Savunmaların Özeti : Taraflarca savunma verilmemiştir.

Tetkik Hakimi : …
Düşüncesi : İflas tasfiye işlemlerinin basit usulde gerçekleştirilmesi halinde iflas dairesinin tasfiye ile ilgili görev ve sorumluluğunun iflas işlemlerine ilişkin konular ile sınırlı olduğu, vergisel işlemlerin de iflas dairesi tarafından yerine getirileceği konusunda kanuni bir düzenlemenin bulunmadığı, davalı idarece, basit usulde tasfiye işlemleri gerçekleştirilen şirketin tasfiye sırasında vergisel yükümlülük doğuracak herhangi bir faaliyetinin olduğuna dair bir saptamanın da bulunmadığı dikkate alındığında kesilen özel usulsüzlük cezaları hukuka aykırı olduğundan, davacının kararın düzeltilmesi isteminin kabulü ile Daire Kararı kaldırıldıktan sonra Vergi Mahkemesi kararının özel usulsüzlük cezaları yönünden davanın reddine ilişkin hüküm fıkrasının bozulması, davalı idarenin kararın düzeltilmesi isteminin ise reddi gerektiği düşünülmektedir.

TÜRK MİLLETİ ADINA
Hüküm veren Danıştay Üçüncü Dairesince kararın düzeltilmesi istemine ilişkin dilekçesinde ileri sürülen sebepler 2577 sayılı İdari Yargılama Usulü Kanunu’nun 54. maddesinin 1. fıkrasının (c) bendi hükmüne uygun bulunduğundan, davacının kararın düzeltilmesi isteminin kabulüne ve Danıştay Üçüncü Dairesinin 11/10/2022 tarih ve E: 2022/217, K:2022/3681 sayılı kararının; özel usulsüzlük cezalarına ilişkin hüküm fıkrasının kaldırılmasına karar verildikten sonra davacı temyiz istemi bu yönden yeniden incelenerek işin gereği görüşülüp düşünüldü:
2004 sayılı İcra ve İflas Kanunu’nun “İflas masası” başlıklı 184. maddesinde, iflasın açıldığı tarih itibariyle müflisin haczi kabil bütün mallarının bir masa teşkil edeceği ve alacakların ödenmesine tahsis olunacağı, müflis namına gelen mektupların iflas idaresi tarafından açılacağı ve sair mevrudelerin de masaya gönderilmesinin posta idaresine bildirileceği, “Teminat tedbirleri” başlıklı 210. maddesinde, iflas dairesinin, müflisin mağazalarını, eşya depolarını, mümasil yerlerini kapatıp mühürleyeceği, şu kadar ki masa hakkında faydalı olacağı anlaşılırsa dairenin, bu yerleri ilk alacaklılar toplanmasına kadar kontrolü altında idare edebileceği, “İflas idaresi ve iflas dairesinin vazifeleri” başlıklı 223. maddesinde iflas idaresinin üç kişiden oluştuğu, tasfiyenin, iflas dairesince, iflas idaresine havale olunacağı; “Basit tasfiye” başlıklı 218. maddesinde iflas dairesince defteri tutulan mallar bedelinin tasfiye masraflarını koruyamayacağı anlaşılırsa basit tasfiye usulünün uygulanacağı, basit tasfiyede iflas dairesinin alacaklıların menfaatlerine muvafık surette malları paraya çevireceği ve başka merasime mahal kalmaksızın alacakları tahkik ve sıralarını tayin ederek bedellerini dağıtacağı kurala bağlanmıştır.

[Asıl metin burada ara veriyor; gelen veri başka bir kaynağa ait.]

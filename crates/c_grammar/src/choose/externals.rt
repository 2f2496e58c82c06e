//! What externals make of a token.

ghost use Rattle.std.specs.Prelude.{◌≡◌, ◌∷◌, ◌++◌, [], IfOk, true, false, reverse};
ghost use Rattle.c_lex.specs.Lexeme.{kind_of};
ghost use Rattle.c_grammar.specs.CodeFollows.{Follows};
ghost use Rattle.c_grammar.specs.CodeChoice as choice;
ghost use Rattle.c_grammar.specs.Operators as operators;

use super::expressions::operand;
use super::types::words;
use super::{Answer, push_all, take};
use crate::symbol::{Production, Seen, Symbol, Wanted};
use c_lex::{Keyword, Punct, TokenKind};
use std::alloc::AllocError;

/// Externals, up to the end of the text.
pub(super) fn externals(
    stack: &mut Vec<Symbol>,
    typed: bool,
    kind: &TokenKind,
) -> Result<Answer, AllocError>
    ensures { IfOk result
        (λ answer. Follows (choice.externals typed (kind_of kind.now)) answer
        (reverse stack.old.items) (reverse stack.new.items)) }
{
    match kind {
        TokenKind::Keyword(Keyword::Typedef) => take(
            stack,
            &[
                Symbol::Words(true, Seen::Nothing),
                Symbol::Tops(true),
                Symbol::Made(true),
                Symbol::Externals,
                Symbol::End(Production::MoreExternals),
            ],
        ),
        _ => external(stack, typed, kind),
    }
}

/// An external that is no typedef, and further ones.
fn external(stack: &mut Vec<Symbol>, typed: bool, kind: &TokenKind) -> Result<Answer, AllocError>
    ensures { IfOk result
        (λ answer.
        Follows (choice.and_then (choice.words true Seen.Nothing typed (kind_of kind.now))
        (Symbol.Tops false ∷ Symbol.Made false ∷ Symbol.Externals
        ∷ choice.end Production.MoreExternals ∷ []))
        answer (reverse stack.old.items) (reverse stack.new.items)) }
{
    push_all(
        stack,
        &[
            Symbol::Tops(false),
            Symbol::Made(false),
            Symbol::Externals,
            Symbol::End(Production::MoreExternals),
        ],
    )?;
    let answer = words(stack, true, Seen::Nothing, typed, kind)?;
    Ok(answer)
}

/// What follows the first declarator of an external.
fn first_top(stack: &mut Vec<Symbol>, typedef: bool) -> Result<(), AllocError>
    ensures { IfOk result
        (λ _. reverse stack.new.items ≡ choice.first_top typedef ++ reverse stack.old.items) }
{
    if typedef {
        push_all(
            stack,
            &[
                Symbol::TopParameters,
                Symbol::TopValue,
                Symbol::End(Production::Top),
                Symbol::TopMore,
                Symbol::End(Production::Declaration(true)),
            ],
        )
    } else {
        push_all(stack, &[Symbol::FirstParameters])
    }
}

/// What follows the specifiers of an external.
pub(super) fn tops(
    stack: &mut Vec<Symbol>,
    typedef: bool,
    typed: bool,
    kind: &TokenKind,
) -> Result<Answer, AllocError>
    ensures { IfOk result
        (λ answer. Follows (choice.tops typedef typed (kind_of kind.now)) answer
        (reverse stack.old.items) (reverse stack.new.items)) }
{
    match kind {
        TokenKind::Punct(Punct::Semicolon) => take(
            stack,
            &[
                Symbol::End(Production::NoTops),
                Symbol::End(Production::Declaration(typedef)),
            ],
        ),
        TokenKind::Punct(Punct::Star) => {
            first_top(stack, typedef)?;
            take(
                stack,
                &[
                    Symbol::Stars(true),
                    Symbol::End(Production::MoreStars),
                    Symbol::NewName,
                    Symbol::Dimensions(true),
                    Symbol::End(Production::Declarator),
                ],
            )
        },
        TokenKind::Name(_) => {
            if typed {
                return Ok(Answer::Refused);
            }
            first_top(stack, typedef)?;
            take(
                stack,
                &[
                    Symbol::Dimensions(true),
                    Symbol::End(Production::Declarator),
                ],
            )
        },
        _ => Ok(Answer::Refused),
    }
}

/// The parameters of a declarator, or none.
pub(super) fn top_parameters(
    stack: &mut Vec<Symbol>,
    kind: &TokenKind,
) -> Result<Answer, AllocError>
    ensures { IfOk result
        (λ answer. Follows (choice.top_parameters (kind_of kind.now)) answer
        (reverse stack.old.items) (reverse stack.new.items)) }
{
    match kind {
        TokenKind::Punct(Punct::LeftParenthesis) => take(
            stack,
            &[Symbol::Parameters, Symbol::End(Production::SomeParameters)],
        ),
        _ => Ok(Answer::Passed),
    }
}

/// `=` and the value of a global, or nothing.
pub(super) fn top_value(stack: &mut Vec<Symbol>, kind: &TokenKind) -> Result<Answer, AllocError>
    ensures { IfOk result
        (λ answer. Follows (choice.top_value (kind_of kind.now)) answer (reverse stack.old.items)
        (reverse stack.new.items)) }
{
    match kind {
        TokenKind::Punct(Punct::Equal) => take(
            stack,
            &[
                Symbol::Expression(true, Wanted::Level(0)),
                Symbol::End(Production::SomeValue),
            ],
        ),
        _ => Ok(Answer::Passed),
    }
}

/// `,` and further declarators, or `;`.
pub(super) fn top_more(stack: &mut Vec<Symbol>, kind: &TokenKind) -> Result<Answer, AllocError>
    ensures { IfOk result
        (λ answer. Follows (choice.top_more (kind_of kind.now)) answer (reverse stack.old.items)
        (reverse stack.new.items)) }
{
    match kind {
        TokenKind::Punct(Punct::Comma) => take(
            stack,
            &[
                Symbol::Stars(false),
                Symbol::NewName,
                Symbol::Dimensions(true),
                Symbol::End(Production::Declarator),
                Symbol::TopParameters,
                Symbol::TopValue,
                Symbol::End(Production::Top),
                Symbol::TopMore,
                Symbol::End(Production::MoreTops),
            ],
        ),
        TokenKind::Punct(Punct::Semicolon) => take(stack, &[Symbol::End(Production::LastTop)]),
        _ => Ok(Answer::Refused),
    }
}

/// What follows the first declarator, whose parameters are told: its value, further declarators, or `;`.
fn first_value(stack: &mut Vec<Symbol>, kind: &TokenKind) -> Result<Answer, AllocError>
    ensures none { IfOk result
        (λ answer.
        Follows (choice.first_value (Production.NoParameters ∷ []) (kind_of kind.now)) answer
        (reverse stack.old.items) (reverse stack.new.items)) }
    ensures some { IfOk result
        (λ answer. Follows (choice.first_value [] (kind_of kind.now)) answer
        (reverse stack.old.items) (reverse stack.new.items)) }
{
    match kind {
        TokenKind::Punct(Punct::Equal) => take(
            stack,
            &[
                Symbol::Expression(true, Wanted::Level(0)),
                Symbol::End(Production::SomeValue),
                Symbol::End(Production::Top),
                Symbol::TopMore,
                Symbol::End(Production::Declaration(false)),
            ],
        ),
        TokenKind::Punct(Punct::Comma) => take(
            stack,
            &[
                Symbol::Stars(false),
                Symbol::NewName,
                Symbol::Dimensions(true),
                Symbol::End(Production::Declarator),
                Symbol::TopParameters,
                Symbol::TopValue,
                Symbol::End(Production::Top),
                Symbol::TopMore,
                Symbol::End(Production::MoreTops),
                Symbol::End(Production::Declaration(false)),
            ],
        ),
        TokenKind::Punct(Punct::Semicolon) => take(
            stack,
            &[
                Symbol::End(Production::LastTop),
                Symbol::End(Production::Declaration(false)),
            ],
        ),
        _ => Ok(Answer::Refused),
    }
}

/// What follows the first declarator of an external that may be a function.
pub(super) fn first_parameters(
    stack: &mut Vec<Symbol>,
    kind: &TokenKind,
) -> Result<Answer, AllocError>
    ensures { IfOk result
        (λ answer. Follows (choice.first_parameters (kind_of kind.now)) answer
        (reverse stack.old.items) (reverse stack.new.items)) }
{
    match kind {
        TokenKind::Punct(Punct::LeftParenthesis) => take(
            stack,
            &[
                Symbol::Parameters,
                Symbol::End(Production::SomeParameters),
                Symbol::FirstRest,
            ],
        ),
        _ => first_value(stack, kind),
    }
}

/// What follows its parameters.
pub(super) fn first_rest(stack: &mut Vec<Symbol>, kind: &TokenKind) -> Result<Answer, AllocError>
    ensures { IfOk result
        (λ answer. Follows (choice.first_rest (kind_of kind.now)) answer (reverse stack.old.items)
        (reverse stack.new.items)) }
{
    match kind {
        TokenKind::Punct(Punct::LeftBrace) => take(
            stack,
            &[
                Symbol::Items,
                Symbol::RightBrace,
                Symbol::End(Production::Function),
            ],
        ),
        _ => first_value(stack, kind),
    }
}

/// What follows the `(` of parameters.
pub(super) fn parameters(
    stack: &mut Vec<Symbol>,
    typed: bool,
    kind: &TokenKind,
) -> Result<Answer, AllocError>
    ensures { IfOk result
        (λ answer. Follows (choice.parameters typed (kind_of kind.now)) answer
        (reverse stack.old.items) (reverse stack.new.items)) }
{
    match kind {
        TokenKind::Punct(Punct::RightParenthesis) => take(
            stack,
            &[Symbol::End(Production::EmptyParameters)],
        ),
        _ => first_parameter(stack, typed, kind),
    }
}

/// The first parameter, and further ones.
fn first_parameter(
    stack: &mut Vec<Symbol>,
    typed: bool,
    kind: &TokenKind,
) -> Result<Answer, AllocError>
    ensures { IfOk result
        (λ answer.
        Follows (choice.and_then (choice.words false Seen.Nothing typed (kind_of kind.now))
        (choice.parameter_rest [])) answer (reverse stack.old.items) (reverse stack.new.items)) }
{
    push_all(
        stack,
        &[
            Symbol::Stars(false),
            Symbol::ParameterName,
            Symbol::ParameterBracket,
            Symbol::End(Production::Parameter),
            Symbol::ParametersMore,
        ],
    )?;
    let answer = words(stack, false, Seen::Nothing, typed, kind)?;
    Ok(answer)
}

/// `,` and further parameters, or `)`.
pub(super) fn parameters_more(
    stack: &mut Vec<Symbol>,
    kind: &TokenKind,
) -> Result<Answer, AllocError>
    ensures { IfOk result
        (λ answer. Follows (choice.parameters_more (kind_of kind.now)) answer
        (reverse stack.old.items) (reverse stack.new.items)) }
{
    match kind {
        TokenKind::Punct(Punct::Comma) => take(
            stack,
            &[
                Symbol::Words(false, Seen::Nothing),
                Symbol::Stars(false),
                Symbol::ParameterName,
                Symbol::ParameterBracket,
                Symbol::End(Production::Parameter),
                Symbol::ParametersMore,
                Symbol::End(Production::MoreParameters),
            ],
        ),
        TokenKind::Punct(Punct::RightParenthesis) => take(
            stack,
            &[Symbol::End(Production::LastParameter)],
        ),
        _ => Ok(Answer::Refused),
    }
}

/// The name of a parameter, or none.
pub(super) fn parameter_name(
    stack: &mut Vec<Symbol>,
    typed: bool,
    kind: &TokenKind,
) -> Result<Answer, AllocError>
    ensures { IfOk result
        (λ answer. Follows (choice.parameter_name typed (kind_of kind.now)) answer
        (reverse stack.old.items) (reverse stack.new.items)) }
{
    match kind {
        TokenKind::Name(_) => if typed {
            Ok(Answer::Passed)
        } else {
            take(stack, &[Symbol::End(Production::ParameterName)])
        },
        _ => Ok(Answer::Passed),
    }
}

/// The brackets of a parameter, or none.
pub(super) fn parameter_bracket(
    stack: &mut Vec<Symbol>,
    kind: &TokenKind,
) -> Result<Answer, AllocError>
    ensures { IfOk result
        (λ answer. Follows (choice.parameter_bracket (kind_of kind.now)) answer
        (reverse stack.old.items) (reverse stack.new.items)) }
{
    match kind {
        TokenKind::Punct(Punct::LeftBracket) => take(stack, &[Symbol::BracketRest]),
        _ => Ok(Answer::Passed),
    }
}

/// What follows the `[` of a parameter.
pub(super) fn bracket_rest(
    stack: &mut Vec<Symbol>,
    typed: bool,
    kind: &TokenKind,
) -> Result<Answer, AllocError>
    ensures { IfOk result
        (λ answer. Follows (choice.bracket_rest typed (kind_of kind.now)) answer
        (reverse stack.old.items) (reverse stack.new.items)) }
{
    match kind {
        TokenKind::Punct(Punct::RightBracket) => take(
            stack,
            &[Symbol::End(Production::OpenBracket)],
        ),
        _ => bracket_length(stack, typed, kind),
    }
}

/// An array length and `]`.
fn bracket_length(
    stack: &mut Vec<Symbol>,
    typed: bool,
    kind: &TokenKind,
) -> Result<Answer, AllocError>
    ensures { IfOk result
        (λ answer.
        Follows (choice.and_then (choice.operand false (Wanted.Level 0) typed (kind_of kind.now))
        (Symbol.RightBracket ∷ choice.end Production.SizedBracket ∷ [])) answer
        (reverse stack.old.items) (reverse stack.new.items)) }
{
    push_all(
        stack,
        &[Symbol::RightBracket, Symbol::End(Production::SizedBracket)],
    )?;
    let answer = operand(stack, false, Wanted::Level(0), typed, kind)?;
    Ok(answer)
}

Bu durumda, iflas halinde, basit tasfiye hükümleri uyarınca müflise ait haczi kabil bütün malvarlığından oluşan iflas masasının menfaatlerini gözetmek, bu doğrultuda masayı temsil etmek ve alacakların ödenmesi sonucunda tasfiyenin tamamlaması ile görevli olan iflas dairesinin görev ve sorumluluğunun, iflas işlemlerine ilişkin konular ile sınırlı olduğu dolayısıyla bir takım vergisel yükümlülüklerin süresinde yerine getirilmediğinden bahisle ceza kesilmesi, vergi ve cezaların kanuniliği ilkesine aykırı düştüğü, şirketin iflas işlemleri dışında ticari faaliyetinin devam ettiği yönünde yapılmış herhangi bir tespitin de mevcut olmadığı anlaşıldığından davacı adına kanuni temsilci sıfatıyla kesilen özel usulsüzlük cezalarında hukuka uygunluk görülmemiştir.
Açıklanan nedenlerle, davacı temyiz isteminin kabulü ile … Vergi Mahkemesinin … tarih ve E:…, K:… sayılı kararının özel usulsüzlük cezaları yönünden davanın reddine ilişkin hüküm fıkrasının bozulmasına,yargılama giderlerinin yeniden verilecek kararda karşılanması gerektiğine, Daire kararının diğer hüküm fıkrasına yönelik davalı idarece ileri sürülen nedenler 2577 sayılı Kanun’un 54. maddesinde yazılı sebeplerden hiçbirine girmediğinden davalı idarenin kararın düzeltmesi isteminin reddine, 09/03/2023 tarihinde oybirliğiyle karar verildi.